A questão cultural é marcante na relação brasileiros e sulistas, mas muito mais por parte dos chamados sulistas do que mesmo pelos ditos brasileiros. Há na sociedade sulista uma consciência coletiva de que o gaúcho-ítalo-germânico é superior ao brasileiro no que se refere ao trabalho, educação e cultura por exemplo. O “Brasil” é tido como um empecilho ao desenvolvimento do Sul.

Nesse sentido, o território dos três estados do Sul ‘demarcados’ como território sulista seria mais próspero se houvesse uma separação. Cria-se, assim, uma imagem de que todo aquele que vive num desses três estados seriam superiores, ou se tornariam por osmose. O que de longe é uma verdade tendo em vista a já inserção de diversos grupos culturais “brasileiros” dentro desse território fictício.

Os sulistas procuram desse modo reforçar sua cultura contra a “aculturação brasileira” em relação ao restante do Brasil. Fortalecer sua cultura e protegê-la. Isso só seria possível por meio de uma divisão territorial. Enquanto isso não ocorre, o fortalecimento da cultura gaúcha-ítalo-germânica se dá por meio da educação. As crianças crescem ouvindo de seus pais, parentes e professores que a cultura e a tradição do Sul é superior à do restante o Brasil.

Exemplo simples e didático, é observar postagens no facebook sobre o tema. É muito comum vermos a dicotomia criada entre a cultura sulista e o samba, o funk, e o sertanejo, por exemplo. O interessante é notar que não há o contrário, de sambistas, funkeiros, sertanejos fazerem posts denigrindo a cultura do Sul em relação aos seus gostos musicais ou estéticos. Outro aspecto interessante dessa comparação na mesma rede social, é em relação as mulheres. Sempre “vestidas”, “comportadas” enquanto as mulheres de outros estados seminuas e em posições obscenas.

Isso denota um moralismo preconceituoso que visa denigrir a imagem dos outros estados, colocando o Sul como região exemplo a ser seguido. O território aqui se fortalece como um elemento simbólico, uma imagem criada por alguns de que ao se remarcar e separar os estados, a cultura do povo sulista seria salva do “mal” brasileiro.

Logo, esse tipo de preceito só alimenta o preconceito e a xenofobia. Em tempos de globalização econômica, midiática, pelo trânsito constante de turistas e trabalhadores, pelo fluxo de produtos culturais não só “brasileiros”, mas da própria cultura de massa mundial, acreditar num sonho de revitalização cultural por meio da separação, serve tão somente para alimentar o comunitarismo.
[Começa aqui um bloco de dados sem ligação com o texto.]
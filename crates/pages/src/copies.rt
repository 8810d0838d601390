//! Lines that are compared, and counted once more.

ghost use Rattle.std.specs.Prelude.{◌≡◌, ◌+◌, ◌-◌, ◌≤◌, IfOk, IsTrue, drop, length, slice_get, take};

use crate::counted::{Counted, CountedList};
use clauses::Lit;
use refutations::{Line, LineList};
use std::alloc::{AllocError, Global};

fn are_same_numbers(numbers: &[u32], others: &[u32]) -> bool
    ensures { IsTrue result → numbers.now ≡ others.now }
{
    if numbers.len() != others.len() {
        return false;
    }
    for place in 0..numbers.len() {
        if numbers[place] != others[place] {
            return false;
        }
    }
    true
}

fn are_same_literals(literals: &[Lit], others: &[Lit]) -> bool
    ensures { IsTrue result → literals.now ≡ others.now }
{
    if literals.len() != others.len() {
        return false;
    }
    for place in 0..literals.len() {
        if literals[place] != others[place] {
            return false;
        }
    }
    true
}

/// Whether both have the same literals and the same hints.
fn are_same(line: &Line, other: &Line) -> bool
    ensures { IsTrue result → line.now ≡ other.now }
{
    are_same_literals(line.literals(), other.literals())
        && are_same_numbers(line.hints(), other.hints())
}

/// Whether both have a line at these places, and the same one.
fn is_at<L: LineList, M: LineList>(lines: &L, place: usize, others: &M, other: usize) -> bool
    ensures { IsTrue result → slice_get (L.lines lines.now) place ≡ slice_get (M.lines others.now) other }
{
    match (lines.get(place), others.get(other)) {
        (Some(line), Some(found)) => are_same(line, found),
        _ => false,
    }
}

/// Whether so many lines from this place on are the first of the others.
pub(crate) fn are_first<L: LineList, M: LineList>(
    lines: &L,
    from: usize,
    count: usize,
    others: &M,
) -> bool
    requires { from ≤ length (L.lines lines.now) }
    ensures same { IsTrue result → take count (drop from (L.lines lines.now)) ≡ take count (M.lines others.now) }
    ensures within { IsTrue result → count ≤ length (M.lines others.now) }
{
    if lines.len() - from < count || others.len() < count {
        return false;
    }
    for place in 0..count {
        if !is_at(lines, from + place, others, place) {
            return false;
        }
    }
    true
}

/// The lines from this place to below that one once more. Nothing of them is copied.
pub(crate) fn copies<L: CountedList>(
    alloc: Global,
    lines: &L,
    from: usize,
    to: usize,
) -> Result<Vec<Counted>, AllocError>
    requires from { from ≤ to }
    requires to { to ≤ length (L.lines lines.now) }
    ensures { IfOk result (λ copies. copies.items ≡ take (to - from) (drop from (L.lines lines.now))) }
{
    let mut copies = Vec::with_capacity(alloc, to - from)?;
    for place in from..to {
        let Some(line) = lines.held_at(place) else {
            unreachable!()
        };
        copies.push(line.share()?)?;
    }
    Ok(copies)
}
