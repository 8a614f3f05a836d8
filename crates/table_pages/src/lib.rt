//! Pages of register entries as spreadsheets write them: the cells of a sheet, and what its columns are.
//!
//! It uses `commands` for texts of cells and `record_fields` for the roles.
//!
//! Callers may rely on: what is read is a function of the bytes, and rows have the numbers that the sheet shows; a
//! sheet that cannot be read is refused with its first fault, with the row, the column and the cell.
#![tactic(auto)]

mod blanks;
mod cells;
mod columns;
mod fault;
mod headers;
mod line_ends;
mod separators;
mod sheet;
mod texts;

pub use columns::Column;
pub use fault::{FaultKind, PageFault};
pub use sheet::{Sheet, SheetRow, read_sheet};
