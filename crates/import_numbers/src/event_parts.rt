//! Events and register entries with numbers for positions.

ghost use Rattle.archive_state.specs.Merging as merging;

use crate::lines::renumber_lines;
use crate::renumbering::{Renumber, maybe_number, number_of, renumber_all, renumber_part};
use record_kinds::{Entry, Event, EventPlace, Link, Mention, Participant};
use std::alloc::{AllocError, Global};

impl Renumber for EventPlace {
    ghost with = { merging.event_place_with };

    fn renumber(&mut self, alloc: Global, numbers: &[u32]) -> Result<(), AllocError> {
        self.place = number_of(numbers, self.place);
        renumber_lines(alloc, &mut self.carried, numbers)?;
        Ok(())
    }
}

impl Renumber for Participant {
    ghost with = { merging.participant_with };

    fn renumber(&mut self, alloc: Global, numbers: &[u32]) -> Result<(), AllocError> {
        self.person = number_of(numbers, self.person);
        renumber_lines(alloc, &mut self.carried, numbers)?;
        Ok(())
    }
}

impl Renumber for Event {
    ghost with = { merging.event_with };

    fn renumber(&mut self, alloc: Global, numbers: &[u32]) -> Result<(), AllocError> {
        self.owner = number_of(numbers, self.owner);
        renumber_part(alloc, &mut self.place, numbers)?;
        renumber_all(alloc, &mut self.participants, numbers)?;
        renumber_lines(alloc, &mut self.carried, numbers)?;
        Ok(())
    }
}

impl Renumber for Link {
    ghost with = { merging.link_with };

    fn renumber(&mut self, alloc: Global, numbers: &[u32]) -> Result<(), AllocError> {
        self.person = number_of(numbers, self.person);
        Ok(())
    }
}

impl Renumber for Mention {
    ghost with = { merging.mention_with };

    fn renumber(&mut self, alloc: Global, numbers: &[u32]) -> Result<(), AllocError> {
        renumber_part(alloc, &mut self.link, numbers)?;
        Ok(())
    }
}

impl Renumber for Entry {
    ghost with = { merging.entry_with };

    fn renumber(&mut self, alloc: Global, numbers: &[u32]) -> Result<(), AllocError> {
        self.source = number_of(numbers, self.source);
        self.place = maybe_number(numbers, self.place);
        renumber_all(alloc, &mut self.mentions, numbers)?;
        Ok(())
    }
}
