//! The hosts that a room is asked for.

ghost use Rattle.std.specs.Prelude.{◌≡◌};
ghost use Rattle.html_answers.specs.Hosts as hosts;

use html_parts::Words;
use room_requests::Head;

/// Whether a head is for this machine, or for the room by the name that it was given; each also without Host.
pub(crate) fn is_right_host(own: &Option<Words>, head: &Head) -> bool
    ensures { result ≡ hosts.is_right_host own.now head.now }
{
    head.hosts == 0 || is_local(&head.host) || is_own(own, &head.host)
}

/// Whether a host is this machine.
fn is_local(host: &[u8]) -> bool
    ensures { result ≡ hosts.is_local host.now }
{
    is_named(host, "localhost") || is_named(host, "127.0.0.1") || is_named(host, "[::1]")
}

/// Whether a host is the name that the room was given.
fn is_own(own: &Option<Words>, host: &[u8]) -> bool
    ensures { result ≡ hosts.is_own own.now host.now }
{
    match own {
        None => false,
        Some(name) => is_named(host, name.as_str()),
    }
}

/// Whether a host is that name in letters of any case, with a port after it or none.
fn is_named(host: &[u8], name: &str) -> bool
    ensures { result ≡ hosts.is_named host.now name.now }
{
    if host.len() < name.len() {
        return false;
    }
    let (front, rest) = host.split_at(name.len());
    front.eq_ignore_ascii_case(name.as_bytes()) && is_port(rest)
}

/// Whether that is nothing, or a colon and digits.
fn is_port(rest: &[u8]) -> bool
    ensures { result ≡ hosts.is_port rest.now }
{
    match rest.split_first() {
        None => true,
        Some((first, digits)) => *first == b':' && are_digits(digits),
    }
}

fn are_digits(bytes: &[u8]) -> bool
    ensures { result ≡ hosts.are_digits bytes.now }
{
    bytes.iter().all(|b| b.is_ascii_digit())
}
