//! Which records are listed or found, a line for each: the words of a text as a search compares them.
//!
//! - `folding`, `laws`, `search`: the words of a text as a search compares them: without regard to case, to marks and
//!   to how letters are composed.
//! - `choosing`, `counting`, `lines`, `printing`, `walking`, `wanted`: which records are listed and found, and the line
//!   of each: for whoever keeps the archive, so nothing is masked.
//!
//! Callers may rely on:
//! - what a text is folded to depends only on its NFKD, so a name is found composed or not; the words of a search
//!   occur in a text where each of them begins a word of it, and nowhere else.
//! - the lines are those of the records that are wanted, by number, so many after a number as are asked for; no line
//!   has a control character; nothing is changed.
#![tactic(auto)]

mod choosing;
mod counting;
mod folding;
pub mod laws;
mod lines;
mod printing;
mod search;
mod walking;
mod wanted;

pub use counting::{Found, page_and_others};
pub use lines::{Line, line_of};
pub use printing::{shown, shown_character};
pub use search::{SearchText, SearchWords};
pub use walking::page;
pub use wanted::{Kind, Listing, Wanted};
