//! What a column of a page is.

ghost use Rattle.std.specs.Prelude.{◌≡◌, ◌≤◌};
ghost use Rattle.table_pages.specs.Columns as known;

use record_fields::Role;

/// What a column of a page is.
#[derive(Clone, Copy, Debug, PartialEq, Eq)]
pub enum Column {
    Kind,
    Page,
    Item,
    Date,
    Place,
    Text,
    /// Those who are named in this role, with its number from 1 to 100.
    Mention(Role, u8),
    /// The sheet's own, whose name begins with `#`. It is not read.
    Own,
    /// Without a name. Its cells have to be empty.
    Unnamed,
}

impl Column {
    /// A number of its own for each column that stands once; 0 for the others.
    pub fn code(self) -> u32
        ensures { result ≡ known.column_code self }
    {
        match self {
            Column::Kind => 1,
            Column::Page => 2,
            Column::Item => 3,
            Column::Date => 4,
            Column::Place => 5,
            Column::Text => 6,
            Column::Mention(role, number) => 256 * role_code(role) + u32::from(number),
            Column::Own | Column::Unnamed => 0,
        }
    }
}

fn role_code(role: Role) -> u32
    ensures code { result ≡ known.role_code role }
    ensures small { result ≤ 11 }
{
    match role {
        Role::Child => 1,
        Role::Father => 2,
        Role::Mother => 3,
        Role::Godparent => 4,
        Role::Groom => 5,
        Role::Bride => 6,
        Role::FatherOfGroom => 7,
        Role::FatherOfBride => 8,
        Role::Witness => 9,
        Role::Buried => 10,
        Role::Spouse => 11,
    }
}

/// Whether the column is one that stands once, and is one of these.
pub(crate) fn stands_in(columns: &[Column], column: Column) -> bool
    ensures { result ≡ known.stands_in columns.now column }
{
    let code = column.code();
    code > 0 && has_code(columns, code)
}

fn has_code(columns: &[Column], code: u32) -> bool
    ensures { result ≡ known.has_code code columns.now }
{
    columns.iter().any(|c| c.code() == code)
}
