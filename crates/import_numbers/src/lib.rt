//! The numbers that an import draws: places that are found or made, records with numbers for positions.
//!
//! - `drawing`, `finding`, `found`, `settling`: places that are found or made while a file is read into an archive, and
//!   the numbers that are drawn.
//! - `event_parts`, `lines`, `person_parts`, `record_parts`, `renumbering`, `source_parts`: records that were read from
//!   a file, whose pointers are positions, with numbers in their place.
//! - `finishing`, `laws`: records that were read from a file, with numbers for positions, with their owners and the
//!   places of events.
//!
//! Callers may rely on:
//! - the archive is looked at once for each path; a place is made within the one above it, which has its number first;
//!   it is refused with 63 only where there is no number left.
//! - no text is copied; a position that has no number becomes 0.
//! - a record is changed in place, and no text is copied.
#![tactic(auto)]

mod drawing;
mod event_parts;
mod finding;
mod finishing;
mod found;
pub mod laws;
mod lines;
mod person_parts;
mod record_parts;
mod renumbering;
mod settling;
mod source_parts;

pub use drawing::{Drawing, Drawn};
pub use finding::{FilePlaces, Looks};
pub use finishing::{finish, made_place};
pub use found::Found;
pub use settling::{Spot, settle};
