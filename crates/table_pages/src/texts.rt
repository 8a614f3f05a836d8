//! The cells of a row as texts.

ghost use Rattle.std.specs.Prelude.{◌≡◌, ◌++◌, ◌∷◌, [], IfOk, MatchOption, None, Some};
ghost use Rattle.table_pages.specs.Texts as texts;

use crate::blanks::trimmed;
use crate::cells::CellBytes;
use commands::{Field, FieldRow};
use std::alloc::{AllocError, Global};

/// The cells of a row without blanks at their ends. `None`: one of them is not UTF-8.
pub(crate) fn row_texts(alloc: Global, cells: &[CellBytes]) -> Result<Option<FieldRow>, AllocError>
    ensures { IfOk result (λ found. found ≡ texts.row_texts cells.now) }
{
    let mut fields = Vec::new(alloc);
    for cell in cells {
        match text(alloc, cell.as_slice())? {
            Some(text) => fields.push(text)?,
            None => return Ok(None),
        }
    }
    Ok(Some(FieldRow::new(fields)))
}

/// A cell without blanks at its ends. `None`: it is not UTF-8.
fn text(alloc: Global, cell: &[u8]) -> Result<Option<Field>, AllocError>
    ensures { IfOk result (λ found. found ≡ texts.text cell.now) }
{
    match str::from_utf8(trimmed(cell)) {
        Ok(text) => {
            let string = String::from_str(alloc, text)?;
            Ok(Some(Field::new(string)))
        }
        Err(_) => Ok(None),
    }
}
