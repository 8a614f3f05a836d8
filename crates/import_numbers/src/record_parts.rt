//! A record of whatever kind with numbers for positions.

ghost use Rattle.std.specs.Prelude.{◌≡◌, OnOk};
ghost use Rattle.archive_state.specs.Merging as merging;
ghost use Rattle.import_definitions.specs.Numbers.{number_at};

use crate::renumbering::Renumber;
use record_kinds::Record;
use std::alloc::{AllocError, Global};

/// Puts the number of each position in its place, also where it is the owner.
pub fn renumber(alloc: Global, found: &mut Record, numbers: &[u32]) -> Result<(), AllocError>
    ensures { OnOk result (found.new ≡ merging.record_with (number_at numbers.now) found.old) }
{
    match found {
        Record::Place(place) => place.renumber(alloc, numbers),
        Record::Repo(repo) => repo.renumber(alloc, numbers),
        Record::Source(source) => source.renumber(alloc, numbers),
        Record::Person(person) => person.renumber(alloc, numbers),
        Record::Family(family) => family.renumber(alloc, numbers),
        Record::Citation(citation) => citation.renumber(alloc, numbers),
        Record::Event(event) => event.renumber(alloc, numbers),
        Record::Entry(entry) => entry.renumber(alloc, numbers),
        Record::Other(other) => other.renumber(alloc, numbers),
    }
}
O comunitarismo, veremos melhor adiante, é movimento caracterizado pela ideia de fechamento comunitário e sonho de pureza, os movimentos comunitaristas espalhados pelo mundo são nomeadamente caracterizados pelo princípio xenofóbico. Não só os separatistas. Há movimentos comunitaristas pelo mundo que criam barreiras para imigrantes árabes, dificultam o acesso de refugiados, e negam vistos a pessoas de países pobres.

Numa ideia simples podemos sintetizar a questão do seguinte modo: regiões, consequentemente as culturas, não podem ser vistas como lagos, mas sim como represas. Lagos, são fechados por todos os lados. Hoje, mediante todas a transformações do mundo globalizado as regiões são como represas: parte da cultura fica a outra dialoga. Sempre haverá um dos lados abertos as correntes externas. E são essas correntes externas que alimentam e dão o dinamismo a represa, que enriquece as culturas. Se não houver nenhuma alimentação externa, os lagos apodrecem e toda vida morre. Saindo da metáfora, podemos observar que uma cultura não é capaz de viver por si só no século XXI, sem com isso cair em princípios excludentes, fascistas, que é uma cultura de morte.